Reading: The Relevance of Taxes: The Weighted Average Cost of Capital (WACC)

4. The Weighted Average Cost of Capital (WACC)

The valuation approach that we have considered so far incorporates the side-effects of financing in the cash flow estimation. In our main example, we have seen that debt financing increases the annual cash flow to the providers of capital by 87.5 each year. To find the ajdusted present value of the company, we have then capitalized the future expected interest tax savings using the appropriate cost of capital.

An alternative, and sometimes more practical approach, is to incorporate the side-effects of financing directly in the cost of capital. The idea is very simple:

The cost of debt (k_D) indicates the firm's pre-tax cost of borrowing. In our example, that pre-tax cost is 10%.
Assuming a tax rate (τ) of 35%, the firm saves 35 cents in taxes for reach dollar in interest expenses.
Factually, this lowers the cost of borrowing by 35%.
Therefore, the net cost of borrowing is not the pre-tax cost of debt (k_D) but the after-tax cost of debt, which is k_D × (1-τ). In our example, the after-tax cost of debt is therefore 6.5% [= 0.1 × (1 - 0.35)].

Instead of using the pre-tax cost of capital, we can use the after-tax cost of capital to estimate the so-called Weighted Average Cost of Capital (WACC). Formally, the WACC is defined as:

WACC = \( k_D \times (1-\tau) \times \frac{D}{D+E} + k_E \times \frac{E}{D+E} \)

The only difference to the expression for the cost of assets (k_A) from before is that the cost of debt is reflected on an after-tax basis instead of a pre-tax basis. Also, it is important to note that the WACC-expression is the same for the two financing policies that we have considered before (target debt ratios vs. target debt levels).

To estimate the value of the levered firm directly, we can capitalize the firm's free cash flows with the WACC. In our simplified example, we can use the firm's operating net income, which is:

Free cash flow = Operating net income = NOPLAT = EBIT × (1 - τ) = 600 × 0.65 = 390.

Let us now apply this approach to our simple example firm.

Application 1: Example firm with target debt levels (in currency)

In the first version of our sample firm, we have assumed that the firm pursues a target debt level of 2'500 of debt.
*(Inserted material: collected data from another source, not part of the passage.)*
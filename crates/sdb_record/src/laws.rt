//! Laws of the definitions that contracts cite.
ghost use Rattle.std.specs.Prelude.{◌≡◌, ℤ, ◌<◌, ◌^◌, true, List, None, Some, Ok, Option};
ghost use Rattle.std.specs.List.{AllByRecursion};
ghost use Rattle.std.specs.List.Sorted.{IsPermutation};
ghost use Rattle.sdb_record.specs.Types.{Record, State, TxId};
ghost use Rattle.sdb_types.specs.declared.record.State.TheVariants.{Committed};
ghost use Rattle.sdb_types.specs.Contents.{is_version};
ghost use Rattle.sdb_record.specs.declared.coordinator.Decided.{Decided};
ghost use Rattle.sdb_record.specs.declared.coordinator.Decision.{Decision};
ghost use Rattle.sdb_record.specs.declared.coordinator.Decision.TheVariants as decision;
ghost use Rattle.sdb_record.specs.declared.meta.Meta.{Meta};
ghost use Rattle.sdb_record.specs.declared.write.Write.{Write};
ghost use Rattle.sdb_record.specs.Groups.{IsGroup, grouped, in_groups};
ghost use Rattle.sdb_record.specs.Parts.{before_record};
ghost use Rattle.sdb_record.specs.Meta.{checked, id_in, is_in, is_moment, is_transactional, is_unresolved};
ghost use Rattle.sdb_record.specs.Coordinator.{coordinator_key_of, coordinator_row_of, decision_in, id_of_key};
ghost use Rattle.sdb_record.specs.Rolls.{IsWrite, state_of_change, forward_record, back_of, back_to, image_of, row_of_image, row_of_change};
ghost use Rattle.sdb_record.specs.Prepared.{DecisionMade, IsPreparable, PreparedWrite, TransactionalImage, decided_at, forwarded, meta_put, record_put, row_made};

/// What a transaction puts for a write is a transactional record of that key, unresolved and of that transaction.
pub fn prepared_is_unresolved()
    ensures key { (p : PreparedWrite) → (record_put p).key ≡ p.write.key }
    ensures version { (p : PreparedWrite) → is_version p.id (state_of_change p.write.change) (record_put p) ≡ true }
    ensures unresolved { (p : PreparedWrite) → IsPreparable p → is_unresolved (record_put p) ≡ true }
    ensures meta { (p : PreparedWrite) → IsPreparable p → checked (record_put p).columns ≡ Ok (meta_put p) }
{}

/// Rolled back, it is the base again, bit by bit, or is removed where there was none.
pub fn rolled_back_is_base()
    ensures base { (p : PreparedWrite) → IsWrite p.write → before_record (record_put p) ≡ p.write.base }
    ensures back { (p : PreparedWrite) → IsWrite p.write → back_of (record_put p) ≡ back_to p.write.key p.write.base }
{}

/// Rolled forward, it is the committed record of that transaction, and shows the row that was written.
pub fn rolled_forward_is_row()
    ensures version { (p : PreparedWrite) (created_at : ℤ) → is_version p.id Committed (forwarded p created_at) ≡ true }
    ensures row { (p : PreparedWrite) (created_at : ℤ) → IsWrite p.write → row_of_image (forwarded p created_at) ≡ row_of_change p.write.change }
{}

/// Its image is the base until a row says COMMITTED, and then it rolled forward.
pub fn image_of_prepared()
    ensures undecided { (p : PreparedWrite) → IsWrite p.write → image_of (record_put p) None ≡ p.write.base }
    ensures aborted { (p : PreparedWrite) (at : ℤ) → IsWrite p.write → image_of (record_put p) (Some (decided_at decision.Aborted at)) ≡ p.write.base }
    ensures committed { (p : PreparedWrite) (at : ℤ) → image_of (record_put p) (Some (decided_at decision.Committed at)) ≡ Some (forwarded p at) }
{}

/// What any unresolved record is rolled forward to is a committed record of its key and of its transaction.
pub fn forward_is_committed()
    ensures key { (r : Record) (created_at : ℤ) → (forward_record r created_at).key ≡ r.key }
    ensures writer { (r : Record) (created_at : ℤ) → id_in (forward_record r created_at).columns ≡ id_in r.columns }
    ensures committed { (r : Record) (created_at : ℤ) → is_in Committed (forward_record r created_at).columns ≡ true }
    ensures accepted { (r : Record) (created_at : ℤ) → is_unresolved r ≡ true → is_moment created_at ≡ true → is_transactional (forward_record r created_at) ≡ true }
{}

/// The image of a transactional record is a committed record of its key. A committed record is its own.
pub fn image_is_committed()
    ensures itself { (r : Record) (d : Option Decided) → is_in Committed r.columns ≡ true → image_of r d ≡ Some r }
    ensures key { (i : TransactionalImage) → i.image.key ≡ i.found.key }
    ensures accepted { (i : TransactionalImage) → is_transactional i.image ≡ true }
    ensures committed { (i : TransactionalImage) → is_in Committed i.image.columns ≡ true }
{}

/// A record is the version that its metadata says, and a version names the writer.
pub fn version_is_writer()
    ensures meta { (r : Record) (m : Meta) → checked r.columns ≡ Ok m → is_version m.id m.state r ≡ true }
    ensures writer { (r : Record) (id : TxId) (s : State) → id.0 < 2 ^ 128 → is_version id s r ≡ true → id_in r.columns ≡ Some id }
{}

/// Grouped, writes are the same writes: each group has from 1 to 64 of them, of one partition of one table, and writes in the order of their
/// groups are grouped alike.
pub fn groups_hold()
    ensures each { (ws : List Write) → AllByRecursion IsGroup (grouped ws) }
    ensures same { (ws : List Write) → IsPermutation ws (in_groups ws) }
    ensures again { (ws : List Write) → grouped (in_groups ws) ≡ grouped ws }
{}

/// A coordinator row is at its transaction's key, and its decision is read back.
pub fn row_is_decision()
    ensures key { (id : TxId) (d : Decision) (created_at : ℤ) → (coordinator_row_of id d created_at).key ≡ coordinator_key_of id }
    ensures id { (id : TxId) → id.0 < 2 ^ 128 → id_of_key (coordinator_key_of id) ≡ Some id }
    ensures decision { (m : DecisionMade) → decision_in (row_made m) ≡ Ok (decided_at m.decision m.created_at) }
{}
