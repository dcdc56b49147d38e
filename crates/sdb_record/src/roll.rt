//! What a write leaves unresolved, and what that is rolled to.
ghost use Rattle.std.specs.Prelude.{◌≡◌, ◌≤◌, ◌++◌, [], ◌∷◌, map, length, true, false, IfOk, OnOk};
ghost use Rattle.std.specs.Option.{option_copied};
ghost use Rattle.sdb_types.specs.Columns.{are_columns};
ghost use Rattle.sdb_record.specs.Names.{base_name};
ghost use Rattle.sdb_record.specs.Meta.{have_identifiers, is_badly_named, is_in, is_unresolved, is_transactional};
ghost use Rattle.sdb_record.specs.Parts.{with_columns, before_pair, own_columns, before_part, before_record, are_user_columns, are_short};
ghost use Rattle.sdb_record.specs.Rolls.{prepared_record, forward_record, forward_columns, back_of, image_of, next_version, next_version_of, new_columns, new_meta, base_columns, is_tombstone as is_tombstone_lem, state_of_change, tombstone_mark, with_committed, deletes as deletes_lem, IsWrite};

use crate::coordinator::{Decided, Decision};
use crate::part::is_before_name;
use crate::write::{Change, Write};
use sdb_types::{
    Columns, Duplicate, Key, Known, Name, NoMemory, Pair, Record, SharedSeq, State, TxId, Value,
    value_named,
};
use std::alloc::Global;

/// What undoes an unresolved record: putting the record that was there before, or removing it.
#[derive(Debug, PartialEq, Eq)]
pub enum Back {
    Put(Record),
    Remove(Key),
}

// By hand: each drop is then one call, where a derived one is written out at each exit, with a call for each field.
impl Drop for Back {
    fn drop(self) {
        match self {
            Back::Put(_) => {}
            Back::Remove(_) => {}
        }
    }
}

// A copy of columns, with room for so many.
fn copied(alloc: Global, pairs: &[Pair], room: usize) -> Result<Columns, NoMemory>
    requires { are_columns pairs.now ≡ true }
    ensures { IfOk result (λ columns. columns ≡ pairs.now) }
{
    let mut copies = SharedSeq::with_room(alloc, room)?;
    for pair in pairs {
        copies.push(pair.copy()?)?;
    }
    Ok(Columns::from_pairs(copies))
}

// Sets a copy of each column, in order.
fn lay(columns: &mut Columns, pairs: &[Pair]) -> Result<(), NoMemory>
    ensures { OnOk result (columns.new ≡ with_columns pairs.now columns.old) }
{
    for pair in pairs {
        columns.set(pair.name.copy()?, pair.value.copy()?)?;
    }
    Ok(())
}

// Sets a copy of each column outside the before image.
fn lay_own(columns: &mut Columns, pairs: &[Pair]) -> Result<(), NoMemory>
    ensures { OnOk result (columns.new ≡ with_columns (own_columns pairs.now) columns.old) }
{
    for pair in pairs {
        if !is_before_name(pair.name.as_str()) {
            columns.set(pair.name.copy()?, pair.value.copy()?)?;
        }
    }
    Ok(())
}

// The name of the column of the base that a column keeps, if it keeps one.
#[tactic(auto, using(crate::proofs::NameLemmas::within_base))]
fn unkept(alloc: Global, name: &Name) -> Result<Option<Name>, NoMemory>
    requires { is_badly_named (base_name name.now) ≡ false }
    ensures { IfOk result (λ base. base ≡ base_name name.now) }
{
    name.within(alloc)
}

// Sets each column of the base that is kept.
fn lay_base(alloc: Global, columns: &mut Columns, pairs: &[Pair]) -> Result<(), NoMemory>
    requires { have_identifiers pairs.now ≡ true }
    ensures { OnOk result (columns.new ≡ with_columns (before_part pairs.now) columns.old) }
{
    for pair in pairs {
        if let Some(name) = unkept(alloc, &pair.name)? {
            columns.set(name, pair.value.copy()?)?;
        }
    }
    Ok(())
}

// The columns outside the before image, with room for the two more that rolling forward sets.
fn own_part(alloc: Global, columns: &Columns) -> Result<Columns, NoMemory>
    ensures { IfOk result (λ own. own ≡ own_columns columns.now) }
{
    let length = columns.len();
    let mut own = Columns::with_room(alloc, length.saturating_add(2))?;
    lay_own(&mut own, columns.pairs())?;
    Ok(own)
}

// The columns of the base that are kept.
fn base_part(alloc: Global, columns: &Columns) -> Result<Columns, NoMemory>
    requires { have_identifiers columns.now ≡ true }
    ensures { IfOk result (λ base. base ≡ before_part columns.now) }
{
    let length = columns.len();
    let mut base = Columns::with_room(alloc, length)?;
    lay_base(alloc, &mut base, columns.pairs())?;
    Ok(base)
}

/// Whether the columns of a record have a state.
pub fn has_state(columns: &Columns, state: State) -> bool
    ensures { result ≡ is_in state columns.now }
{
    match value_named(columns.pairs(), "tx_state") {
        Some(value) => *value == Value::Int(state.number()),
        None => false,
    }
}

/// Whether a record marks that its row was deleted.
pub fn is_tombstone(rec: &Record) -> bool
    ensures { result ≡ is_tombstone_lem rec.now }
{
    match value_named(rec.columns.pairs(), "tx_tombstone") {
        Some(value) => *value == Value::Bool(true),
        None => false,
    }
}

// Sets each column of the base, as it is kept.
fn lay_kept(alloc: Global, columns: &mut Columns, base: &[Pair]) -> Result<(), NoMemory>
    requires { are_short base.now ≡ true }
    ensures { OnOk result (columns.new ≡ with_columns (map before_pair base.now) columns.old) }
{
    for pair in base {
        columns.set(pair.name.before(alloc)?, pair.value.copy()?)?;
    }
    Ok(())
}

// How many columns come before those of a before image.
fn kept_place(row: &[Pair]) -> usize
    ensures { result ≤ length row.now }
{
    row.iter()
        .take_while(|pair| pair.name.as_str().cmp("before_").is_lt())
        .count()
}

// The columns of a row with those of the base, as they are kept: each is set at the end. There is room for the four more
// of the metadata.
fn row_with_base(alloc: Global, row: &[Pair], base: &[Pair]) -> Result<Columns, NoMemory>
    requires row { are_columns row.now ≡ true }
    requires user { are_user_columns row.now ≡ true }
    requires base { are_columns base.now ≡ true }
    requires short { are_short base.now ≡ true }
    ensures { IfOk result (λ columns. columns ≡ with_columns (map before_pair base.now) row.now) }
{
    let (below, above) = row.split_at(kept_place(row));
    let room = row.len().saturating_add(base.len()).saturating_add(4);
    let mut columns = copied(alloc, below, room)?;
    lay_kept(alloc, &mut columns, base)?;
    lay(&mut columns, above)?;
    Ok(columns)
}

fn row_pairs(change: &Change) -> &[Pair]
    ensures pairs { result.now ≡ new_columns change.now }
    ensures columns { are_columns result.now ≡ true }
{
    match change {
        Change::Row(columns) => {
            let _length = columns.len();
            columns.pairs()
        }
        Change::Delete => &[],
    }
}

fn base_pairs(base: &Option<Record>) -> &[Pair]
    ensures pairs { result.now ≡ base_columns base.now }
    ensures columns { are_columns result.now ≡ true }
{
    match base {
        Some(rec) => {
            let _length = rec.columns.len();
            rec.columns.pairs()
        }
        None => &[],
    }
}

fn version_above(version: Option<&Value>) -> i32
    ensures { result ≡ next_version_of (option_copied version.entry) }
{
    match version {
        Some(Value::Int(i32::MAX)) => i32::MAX,
        Some(Value::Int(n)) => *n + 1,
        _ => 1,
    }
}

fn state_left(change: &Change) -> State
    ensures { result ≡ state_of_change change.now }
{
    match change {
        Change::Row(_) => State::Prepared,
        Change::Delete => State::Deleted,
    }
}

fn version_left(base: &Option<Record>) -> i32
    ensures { result ≡ next_version base.now }
{
    version_above(value_named(base_pairs(base), "tx_version"))
}

// Sets the metadata of what a write leaves unresolved, in the order of the names: each is set at the end.
fn set_unresolved(
    alloc: Global,
    columns: &mut Columns,
    write: &Write,
    id: TxId,
    now: i64,
) -> Result<(), NoMemory>
    ensures { OnOk result (columns.new ≡ with_columns (new_meta write.now id now) columns.old) }
{
    let state = state_left(&write.change);
    let version = version_left(&write.base);
    columns.set(Name::known(Known::TxId), Value::Text(id.text(alloc)?))?;
    columns.set(Name::known(Known::TxPreparedAt), Value::BigInt(now))?;
    columns.set(Name::known(Known::TxState), Value::Int(state.number()))?;
    columns.set(Name::known(Known::TxVersion), Value::Int(version))?;
    Ok(())
}

/// The record that a transaction puts for a write at a moment from 0 to 2^53: the new row, each column of the base as it
/// is kept, and the metadata.
#[tactic(auto, unfolding(crate::specs::Rolls::prepared_record))]
pub fn prepared(alloc: Global, write: &Write, id: TxId, now: i64) -> Result<Record, NoMemory>
    requires { IsWrite write.now }
    ensures { IfOk result (λ rec. rec ≡ prepared_record write.now id now) }
{
    let row = row_pairs(&write.change);
    let mut columns = row_with_base(alloc, row, base_pairs(&write.base))?;
    set_unresolved(alloc, &mut columns, write, id, now)?;
    Ok(Record {
        key: write.key.copy()?,
        columns,
    })
}

// Marks that the row was deleted, where it was.
fn mark_deleted(columns: &mut Columns, deleted: bool) -> Result<(), NoMemory>
    ensures { OnOk result (columns.new ≡ with_columns (tombstone_mark deleted) columns.old) }
{
    if deleted {
        columns.set(Name::known(Known::TxTombstone), Value::Bool(true))?;
    }
    Ok(())
}

// Says that a record was committed at a moment, and that it is a tombstone where its row was deleted.
fn set_committed(columns: &mut Columns, created_at: i64, deleted: bool) -> Result<(), NoMemory>
    ensures { OnOk result (columns.new ≡ with_committed deleted created_at columns.old) }
{
    columns.set(Name::known(Known::TxState), Value::Int(3))?;
    columns.set(Name::known(Known::TxCommittedAt), Value::BigInt(created_at))?;
    mark_deleted(columns, deleted)
}

// The columns of an unresolved record that is rolled forward.
fn forward_part(alloc: Global, columns: &Columns, created_at: i64) -> Result<Columns, NoMemory>
    ensures { IfOk result (λ forward. forward ≡ forward_columns columns.now created_at) }
{
    let mut forward = own_part(alloc, columns)?;
    set_committed(&mut forward, created_at, has_state(columns, State::Deleted))?;
    Ok(forward)
}

/// An unresolved record rolled forward: without its before image, in state 3, committed at the moment of the
/// coordinator's row, and a tombstone where it was in state 2.
#[tactic(auto, unfolding(crate::specs::Rolls::forward_record))]
pub fn rolled_forward(alloc: Global, rec: &Record, created_at: i64) -> Result<Record, NoMemory>
    ensures { IfOk result (λ forward. forward ≡ forward_record rec.now created_at) }
{
    Ok(Record {
        key: rec.key.copy()?,
        columns: forward_part(alloc, &rec.columns, created_at)?,
    })
}

fn deletes(change: &Change) -> bool
    ensures { result ≡ deletes_lem change.now }
{
    match change {
        Change::Row(_) => false,
        Change::Delete => true,
    }
}

// Sets the metadata of what a write leaves once it is committed, in the order of the names: each is set at the end.
fn set_resolved(
    alloc: Global,
    columns: &mut Columns,
    write: &Write,
    id: TxId,
    now: i64,
    created_at: i64,
) -> Result<(), NoMemory>
    ensures { OnOk result (columns.new ≡ with_committed (deletes_lem write.now.change) created_at (with_columns (new_meta write.now id now) columns.old)) }
{
    let version = version_left(&write.base);
    columns.set(Name::known(Known::TxCommittedAt), Value::BigInt(created_at))?;
    columns.set(Name::known(Known::TxId), Value::Text(id.text(alloc)?))?;
    columns.set(Name::known(Known::TxPreparedAt), Value::BigInt(now))?;
    columns.set(Name::known(Known::TxState), Value::Int(3))?;
    mark_deleted(columns, deletes(&write.change))?;
    columns.set(Name::known(Known::TxVersion), Value::Int(version))?;
    Ok(())
}

/// The committed record that a transaction leaves for a write that it prepared at a moment, and that was committed at another, both from 0 to
/// 2^53: what `rolled_forward` makes of what `prepared` gives, without the before image in between.
pub fn committed(
    alloc: Global,
    write: &Write,
    id: TxId,
    now: i64,
    created_at: i64,
) -> Result<Record, NoMemory>
    requires { IsWrite write.now }
    ensures { IfOk result (λ rec. rec ≡ forward_record (prepared_record write.now id now) created_at) }
{
    let row = row_pairs(&write.change);
    let mut columns = copied(alloc, row, row.len().saturating_add(5))?;
    set_resolved(alloc, &mut columns, write, id, now, created_at)?;
    Ok(Record {
        key: write.key.copy()?,
        columns,
    })
}

// The record that a before image keeps.
#[tactic(auto, unfolding(crate::specs::Parts::before_record))]
fn kept_record(alloc: Global, rec: &Record) -> Result<Option<Record>, NoMemory>
    requires { have_identifiers rec.now.columns ≡ true }
    ensures { IfOk result (λ base. base ≡ before_record rec.now) }
{
    let columns = base_part(alloc, &rec.columns)?;
    if columns.len() == 0 {
        return Ok(None);
    }
    Ok(Some(Record {
        key: rec.key.copy()?,
        columns,
    }))
}

/// What undoes an unresolved record: its before image is put, or it is removed where it has none.
pub fn rolled_back(alloc: Global, rec: &Record) -> Result<Back, NoMemory>
    requires { is_unresolved rec.now ≡ true }
    ensures { IfOk result (λ back. back ≡ back_of rec.now) }
{
    match kept_record(alloc, rec)? {
        Some(base) => Ok(Back::Put(base)),
        None => Ok(Back::Remove(rec.key.copy()?)),
    }
}

/// The committed record that a record means, under the coordinator's row of its transaction. A tombstone means
/// itself.
pub fn committed_image(
    alloc: Global,
    rec: &Record,
    decided: Option<&Decided>,
) -> Result<Option<Record>, NoMemory>
    requires { is_transactional rec.now ≡ true }
    ensures { IfOk result (λ image. image ≡ image_of rec.now (option_copied decided.entry)) }
{
    if has_state(&rec.columns, State::Committed) {
        return Ok(Some(rec.copy()?));
    }
    match decided {
        Some(
            Decided {
                decision: Decision::Committed,
                created_at,
            },
        ) => Ok(Some(rolled_forward(alloc, rec, *created_at)?)),
        _ => kept_record(alloc, rec),
    }
}
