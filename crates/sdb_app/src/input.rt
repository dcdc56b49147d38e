//! The bytes of the input.
ghost use Rattle.std.specs.Prelude.{◌≤◌, IfOk, IfErr};
ghost use Rattle.sdb_app.specs.Ends.{stream};
ghost use Rattle.sdb_app.specs.Run.{IsTextRead, StopsReading};

use crate::status::Status;
use crate::streams::{Input, ReadRefused, read_input};
use sdb_script::MOST_SCRIPT_BYTES;
use sdb_types::Source;
use std::alloc::Global;

/// The bytes of the input: all of it, or more than a command reads.
pub fn read_bytes<R: Source>(alloc: Global, input: &mut R) -> Result<Vec<u8>, Status>
    ensures read { IfOk result (λ bytes. IsTextRead bytes.items (R.remaining input.old) (R.remaining input.new)) }
    ensures err { IfErr result (StopsReading (stream R.remaining R.faults input.old) (stream R.remaining R.faults input.new)) }
    ensures counted { R.faults input.old ≤ R.faults input.new }
{
    match read_input(alloc, input, MOST_SCRIPT_BYTES) {
        Ok(Input::Whole(bytes)) => Ok(bytes),
        Ok(Input::Longer(bytes)) => Ok(bytes),
        Err(ReadRefused::Failed) => Err(Status::ReadFault),
        Err(ReadRefused::NoMemory) => Err(Status::NoMemory),
    }
}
We have collected the following information about the firm:

Debt outstanding (D) = 2'500
Equity value (E) = 1'625
Cost of debt (kD) = 10% (pre-tax)
Tax rate (τ) = 35%
Cost of equity (kE) = 14%.

With this information, we can compute the firm's WACC:

WACC = \( 0.10 \times (1-0.35) \times \frac{2'500}{2'500+1'625} + 0.14 \times \frac{1'625}{2500+1'625} \) = 9.45%

The firm's WACC is 9.45%. When we use this discount rate to capitalize the firm's free cash flows, we directly obtain the levered value of the company (V_L):

V_L = \( \frac{\text{Free cash flow}}{WACC} = \frac{390}{0.0945} \) = 4'125.

Note that the adjusted present value approach from before has produced the exact same levered value of the company.

Application 2: Example with target debt ratio

The alternative version was that the firm pursues a target debt ratio. Under this scenario, the information that we have collected was as follows:

Cost of equity (kE) = 15.38%
Equity value (E) = 1'479
All other elements had the same value as in the first application.

With this information, we can also compute the WACC under the alternative financing policy:

WACC = \( 0.10 \times (1-0.35) \times \frac{2'500}{2'500+1'479} + 0.1538 \times \frac{1'479}{2500+1'479} \) = 9.8%

Under this financing policy, the firm's WACC is 9.8%. If we use this WACC to capitalize the firm's free cash flow of 390, the resulting firm value is 3'979:

V_L = \( \frac{\text{Free cash flow}}{WACC} = \frac{390}{0.098} \) = 3'979.

Again, this valuation is identical to the one from the preceding section with the adjusted present value approach.